7. Common Mistakes to Avoid
Lodging too early. Wait until late July for pre-fill data to populate fully.
Overclaiming personal expenses. The ATO uses data analytics to detect inflated or unusual claims. Only claim what you genuinely spent for work.
Forgetting bank interest. Even a small savings account generates assessable interest that must be declared.
Missing crypto transactions. The ATO receives data from exchanges. If you bought, sold, or swapped crypto, it needs to be reported.
Neglecting prior-year losses. Check whether you have carry-forward capital losses or prior-year business losses you can offset against this year’s income.
Not lodging at all. Failure to lodge carries significant penalties. If you’re worried about a tax debt, it’s still better to lodge and arrange a payment plan than to ignore it.
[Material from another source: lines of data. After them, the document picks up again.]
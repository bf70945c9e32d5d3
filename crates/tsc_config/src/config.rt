//! A configuration, and how a text is read as one.
ghost use Rattle.std.specs.Prelude.{◌≡◌, ◌≢◌, ◌<◌, ◌≤◌, ◌/◌, ◌⊎◌, Some, Ok, Err, IfOk, IfErr};
ghost use Rattle.config_faults.specs.Faults.{table_fault};
ghost use Rattle.config_faults.specs.declared.fault.ConfigFault.{ConfigFault};
ghost use Rattle.config_faults.specs.declared.fault.ConfigFault.TheVariants.{NoMemory, ExpressionTooBig};
ghost use Rattle.toml.specs.Errors.{IsBlank};
ghost use Rattle.toml.specs.View.{table_view};
ghost use Rattle.tsc_config.specs.FaultSets.{MayBeTooBig};
ghost use Rattle.tsc_config.specs.Reading.{reading, reading_of_table};
ghost use Rattle.tsc_config.specs.Values.{InRange, config_of};

use crate::exports::{Export, export_at};
use crate::expressions::check_expressions;
use crate::ledger::{Ledger, ledger_at};
use crate::log_form::{LogForm, log_form_at};
use crate::output_fault::{OutputFault, output_fault_at};
use crate::settings_values::{number_at, truth_at};
use crate::values::{cache_size_at, is_other_at, places_at, policies_at, root_wait_at};
use config_faults::{ChoiceKey, ConfigFault, NumberKey, table_fault};
use otlp_types::Text;
use policy_tree::Policies;
use span_ids::Moment;
use std::alloc::{AllocError, Global};
use toml::Table;

/// What a collector does with what it receives.
#[derive(Drop)]
pub struct Config {
    /// How long the spans of a trace are gathered before it is decided, in milliseconds, from 1 to 3600000
    /// (tailsamplingprocessor README, `decision_wait`).
    pub decision_wait: Moment,
    /// How long after its first span without a parent a trace is decided, where that is sooner, in milliseconds, from 0
    /// to 3600000, where 0 is off (this project's option `root_wait_ms`, or tailsamplingprocessor README,
    /// `decision_wait_after_root_received`).
    pub root_wait: Moment,
    /// How many traces are kept in memory at most, from 1 to 1000000 (tailsamplingprocessor README, `num_traces`).
    pub num_traces: usize,
    /// For how many traces that were decided as sampled, and left the memory, the decision is remembered, from 0 to
    /// 1000000, where 0 is off (tailsamplingprocessor README, `decision_cache`).
    pub sampled_cache_size: usize,
    /// The same for traces that were decided as not sampled.
    pub non_sampled_cache_size: usize,
    /// What is sampled (tailsamplingprocessor README, `policies`).
    pub policies: Policies,
    /// How many lanes take requests, from 1 to 64 (this project's option `lanes`).
    pub lanes: u16,
    /// Over how many shards the traces are spread, from 1 to 64 and at most `num_traces` (this project's option
    /// `shards`).
    pub shards: usize,
    /// How many spans wait at most between a lane and a shard, from 1 to 65536 (this project's option
    /// `queue_capacity`).
    pub queue_capacity: usize,
    /// How many spans wait at most for the exporter, from 1 to 65536 (this project's option `export_capacity`).
    pub export_capacity: usize,
    /// How many spans a batch has at most, from 1 to 8192 (batchprocessor README, `send_batch_size`).
    pub send_batch_size: usize,
    /// How many connections are open at once at most, over all lanes, from 1 to 65536 (this project's option
    /// `max_connections`).
    pub max_connections: usize,
    /// Mebibytes that the process may take before requests are refused, from 0 to 1048576, where 0 is off (this
    /// project's option `memory_limit_mib`).
    pub memory_limit_mib: u64,
    /// Mebibytes that a request's body has at most, as it comes and unpacked, from 1 to 64 (this project's option
    /// `max_request_mib`).
    pub max_request_mib: u64,
    /// How many bytes the spans of a trace take at most while it waits, from 0 to 1073741824, where 0 is off; one that
    /// grows beyond that is decided at once as not sampled (tailsamplingprocessor README, `maximum_trace_size_bytes`).
    pub maximum_trace_size: u64,
    /// The time between two ticks, at which it is looked for what is due, in milliseconds, from 1 to 60000 (this
    /// project's option `tick_ms`).
    pub tick: u64,
    /// The address on which requests are taken, as `address:port` (otlpreceiver README, `endpoint`). It is not looked
    /// at here.
    pub listen: Text,
    /// The address at which those in charge close the collector and read its numbers, as `address:port`, or nothing:
    /// then it is closed at the address of requests (this project's option `admin`). It is not looked at here.
    pub admin: Text,
    /// The address at which the numbers alone are answered, of the form of `admin`, or nothing (this project's option
    /// `metrics`). It is not looked at here.
    pub metrics: Text,
    /// The path of the file behind whose end lines are written, or nothing: then they are printed on standard output
    /// (this project's option `output`). It is not looked at here.
    pub output: Text,
    /// Mebibytes of lines from which on that file is put aside and another one is begun, from 0 to 1048576, where 0 is
    /// never (this project's option `output_max_mib`).
    pub output_max_mib: u64,
    /// How many files that were put aside are kept, from 1 to 1000 (this project's option `output_keep`).
    pub output_keep: u64,
    /// The path of the file behind whose end a line of JSON is written for each trace that is decided or evicted, or
    /// nothing: then there are no such lines (this project's option `decisions`). It is not looked at here.
    pub decisions: Text,
    /// Mebibytes of such lines from which on that file is put aside and another one is begun, from 0 to 1048576, where 0
    /// is never (this project's option `decisions_max_mib`).
    pub decisions_max_mib: u64,
    /// The path of the file behind whose end each request that is taken is written, and each tick, or nothing: then there
    /// is no such record (this project's option `record`). It is not looked at here.
    pub request_record: Text,
    /// Mebibytes of such lines from which on that file is put aside and another one is begun, from 0 to 1048576, where 0
    /// is never (this project's option `record_max_mib`).
    pub record_max_mib: u64,
    /// Whether the scopes of kept spans get the attribute `tailsampling.policy`, the name of the policy that decided
    /// (tailsamplingprocessor README, `recordpolicy`; this project's option `record_policy`).
    pub record_policy: bool,
    /// What is said of a run, beside its lines (this project's option `log`).
    pub log: LogForm,
    /// Whether bodies that are packed by gzip are taken (RFC 9110, section 8.4.1.3; this project's option
    /// `accept_gzip`).
    pub accept_gzip: bool,
    /// Whether bodies in protobuf are taken (OTLP/HTTP, "Binary Protobuf Encoding"; this project's option
    /// `accept_protobuf`).
    pub accept_protobuf: bool,
    /// Whether a request for whose spans a queue lacks room is to be sent again, in place of being answered how many of
    /// them were discarded (this project's option `queue_full`, `retry`).
    pub waits_for_room: bool,
    /// What is done once its output fails (this project's option `output_fault`).
    pub output_fault: OutputFault,
    /// Whether doubles are kept, in place of discarding each attribute that holds one (this project's option
    /// `double_values`, `keep`).
    pub keeps_doubles: bool,
    /// Whether the end of the standard input closes the collector (this project's option `close_at_end_of_input`).
    pub close_at_end_of_input: bool,
    /// Where the lines are sent to, in place of being printed (this project's option `export`).
    pub export: Export,
    /// Where requests wait that are to outlive the process (this project's option `ledger`).
    pub ledger: Ledger,
}

impl Config {
    /// How many traces each shard keeps at most.
    pub fn traces_per_shard(&self) -> usize
        requires some_shard { 0 < self.now.shards }
        requires each_keeps { self.now.shards ≤ self.now.num_traces }
        ensures share { result ≡ self.now.num_traces / self.now.shards }
        ensures keeps { 0 < result }
    {
        self.num_traces / self.shards
    }

    /// For how many traces decided as sampled each shard remembers the decision at most, where 0 is off.
    pub fn sampled_cache_per_shard(&self) -> usize
        requires some_shard { 0 < self.now.shards }
        ensures share { result ≡ self.now.sampled_cache_size / self.now.shards }
    {
        self.sampled_cache_size / self.shards
    }

    /// The same for traces that were decided as not sampled.
    pub fn non_sampled_cache_per_shard(&self) -> usize
        requires some_shard { 0 < self.now.shards }
        ensures share { result ≡ self.now.non_sampled_cache_size / self.now.shards }
    {
        self.non_sampled_cache_size / self.shards
    }
}

/// Reads a configuration from a TOML text: `decision_wait_ms`, a whole number from 1 to 3600000, else 30000;
/// `root_wait_ms`, or by its other name `decision_wait_after_root_received_ms`, from 0 to 3600000, else 0;
/// `num_traces`, from 1 to 1000000, else 50000; `decision_cache`, a table of `sampled_cache_size` and
/// `non_sampled_cache_size`, each from 0 to 1000000, else 0; `policies`, a required array of policy tables with `name`,
/// `type` and the settings of that type; `sample_on_first_match`, true or false, else false; `lanes` and `shards`, from
/// 1 to 64, else 1; `queue_capacity` and `export_capacity`, from 1 to 65536, else 1024; `send_batch_size`, from 1 to
/// 8192, else 512; `max_connections`, from 1 to 65536, else 1024; `memory_limit_mib`, from 0 to 1048576, else 0;
/// `max_request_mib`, from 1 to 64, else 4; `log`, `text`, `json` or `off`, else `text`;
/// `maximum_trace_size_bytes`, from 0 to 1073741824, else 0; `tick_ms`, from 1 to 60000, else 1000; `listen`, a text,
/// else `127.0.0.1:4318`; `admin` and `metrics`, texts, else nothing; `output`, a text, else nothing; `output_max_mib`,
/// from 0 to 1048576, else 0; `output_keep`, from 1 to 1000, else 7; `decisions`, a text, else nothing;
/// `decisions_max_mib`, from 0 to 1048576, else 0; `record`, a text, else nothing; `record_max_mib`, from 0 to
/// 1048576, else 0; `record_policy`, `accept_gzip`, `accept_protobuf` and `close_at_end_of_input`, true or false, else
/// false; `queue_full`, `partial` or `retry`, else `partial`; `output_fault`, `discard`, `stop` or `retry`,
/// else `discard`; `double_values`, `discard` or `keep`, else `discard`; `export`, a table with a required `endpoint`
/// ([`Export`] has its keys), else nothing is sent; and `ledger`, a table with a required `path` ([`Ledger`] has its
/// keys), else requests outlive no kill. Of a `string_attribute` policy `values` are regular expressions where
/// `enabled_regex_matching` is true (tailsamplingprocessor README); its `cache_max_size`, a whole number from 0, has no
/// effect.
///
/// `Err` is the fault of least number that the text has ([`crate::laws::answers_least_fault`]), `NoMemory` where memory
/// was refused, or `ExpressionTooBig` for a text that has no other fault. For a text of blanks and comments alone these
/// two are never so: it is answered that `policies` is missing.
pub fn read(alloc: Global, text: &str) -> Result<Config, ConfigFault>
    ensures config { IfOk result (λ config. reading text.now ≡ Ok config) }
    ensures fault { IfErr result (λ fault. fault ≢ NoMemory → fault ≢ ExpressionTooBig → reading text.now ≡ Err fault) }
    ensures too_big { IfErr result (λ fault. fault ≡ ExpressionTooBig → MayBeTooBig (reading text.now)) }
    ensures ranges { IfOk result InRange }
    ensures memory { IfErr result (λ fault. (fault ≡ NoMemory) ⊎ (fault ≡ ExpressionTooBig) → ¬ IsBlank text.now) }
{
    match toml::table_from_str(alloc, text) {
        Ok(table) => config_of(alloc, &table),
        Err(error) if error.is_memory() => Err(ConfigFault::NoMemory),
        Err(_) => Err(ConfigFault::NotToml),
    }
}

fn config_of(alloc: Global, table: &Table) -> Result<Config, ConfigFault>
    ensures config { IfOk result (λ config. reading_of_table (table_view table.now) ≡ Ok config) }
    ensures fault { IfErr result (λ fault. fault ≢ NoMemory → fault ≢ ExpressionTooBig → reading_of_table (table_view table.now) ≡ Err fault) }
    ensures too_big { IfErr result (λ fault. fault ≡ ExpressionTooBig → MayBeTooBig (reading_of_table (table_view table.now))) }
    ensures ranges { IfOk result InRange }
    ensures of_table { IfErr result (λ fault. (found : ConfigFault) → table_fault (table_view table.now) ≡ Some found → fault ≡ found) }
{
    if let Some(fault) = table_fault(table) {
        return Err(fault);
    }
    // Looked at once the table has no other fault (D-216).
    if number_at(table, NumberKey::NumTraces) < number_at(table, NumberKey::Shards) {
        return Err(ConfigFault::TooFewTraces);
    }
    let Ok(list) = policies_at(alloc, table) else {
        return Err(ConfigFault::NoMemory);
    };
    let policies = match Policies::new(alloc, list) {
        Ok(policies) => policies,
        Err(fault) => return Err(ConfigFault::Policy(fault)),
    };
    // Last, so that all other faults of the text go first (D-211).
    check_expressions(alloc, &policies)?;
    match given_by(alloc, table, policies) {
        Ok(config) => Ok(config),
        Err(_) => Err(ConfigFault::NoMemory),
    }
}

/// What the table gives, with these policies.
fn given_by(alloc: Global, table: &Table, policies: Policies) -> Result<Config, AllocError>
    ensures config { IfOk result (λ config. config ≡ record (config_of (table_view table.now)) { policies = policies }) }
    ensures ranges { IfOk result (λ config. config.shards ≤ config.num_traces → InRange config) }
{
    let places = places_at(alloc, table)?;
    Ok(Config {
        decision_wait: number_at(table, NumberKey::DecisionWait),
        root_wait: root_wait_at(table),
        num_traces: number_at(table, NumberKey::NumTraces) as usize,
        sampled_cache_size: cache_size_at(table, NumberKey::SampledCacheSize),
        non_sampled_cache_size: cache_size_at(table, NumberKey::NonSampledCacheSize),
        policies,
        lanes: number_at(table, NumberKey::Lanes) as u16,
        shards: number_at(table, NumberKey::Shards) as usize,
        queue_capacity: number_at(table, NumberKey::QueueCapacity) as usize,
        export_capacity: number_at(table, NumberKey::ExportCapacity) as usize,
        send_batch_size: number_at(table, NumberKey::SendBatchSize) as usize,
        max_connections: number_at(table, NumberKey::MaxConnections) as usize,
        memory_limit_mib: number_at(table, NumberKey::MemoryLimit),
        max_request_mib: number_at(table, NumberKey::MaxRequest),
        maximum_trace_size: number_at(table, NumberKey::MaximumTraceSize),
        tick: number_at(table, NumberKey::Tick),
        listen: places.listen,
        admin: places.admin,
        metrics: places.metrics,
        output: places.output,
        output_max_mib: number_at(table, NumberKey::OutputMax),
        output_keep: number_at(table, NumberKey::OutputKeep),
        decisions: places.decisions,
        decisions_max_mib: number_at(table, NumberKey::DecisionsMax),
        request_record: places.request_record,
        record_max_mib: number_at(table, NumberKey::RecordMax),
        record_policy: truth_at(table, "record_policy"),
        log: log_form_at(table),
        accept_gzip: truth_at(table, "accept_gzip"),
        accept_protobuf: truth_at(table, "accept_protobuf"),
        waits_for_room: is_other_at(table, ChoiceKey::QueueFull),
        output_fault: output_fault_at(table),
        keeps_doubles: is_other_at(table, ChoiceKey::DoubleValues),
        close_at_end_of_input: truth_at(table, "close_at_end_of_input"),
        export: export_at(alloc, table)?,
        ledger: ledger_at(alloc, table)?,
    })
}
8. Should You Use a Tax Agent?
A registered tax agent can save you time, find deductions you might miss, and provide peace of mind that your return is compliant. The cost of their fee is itself tax-deductible in the following year. If you have a complex return — multiple income streams, a business, rental properties, investments, or a significant CGT event — professional advice is well worth the investment.
Final Thought
Tax time doesn’t need to be stressful. The key is preparation: gather your records, understand what’s changed for FY2025–26, and take your time. Whether you’re lodging yourself via myTax or working with a registered agent, a well-prepared return means a more accurate outcome — and the best possible refund.
This article is intended as general information only and does not constitute financial or tax advice. For advice specific to your circumstances, consult a registered tax agent or financial adviser.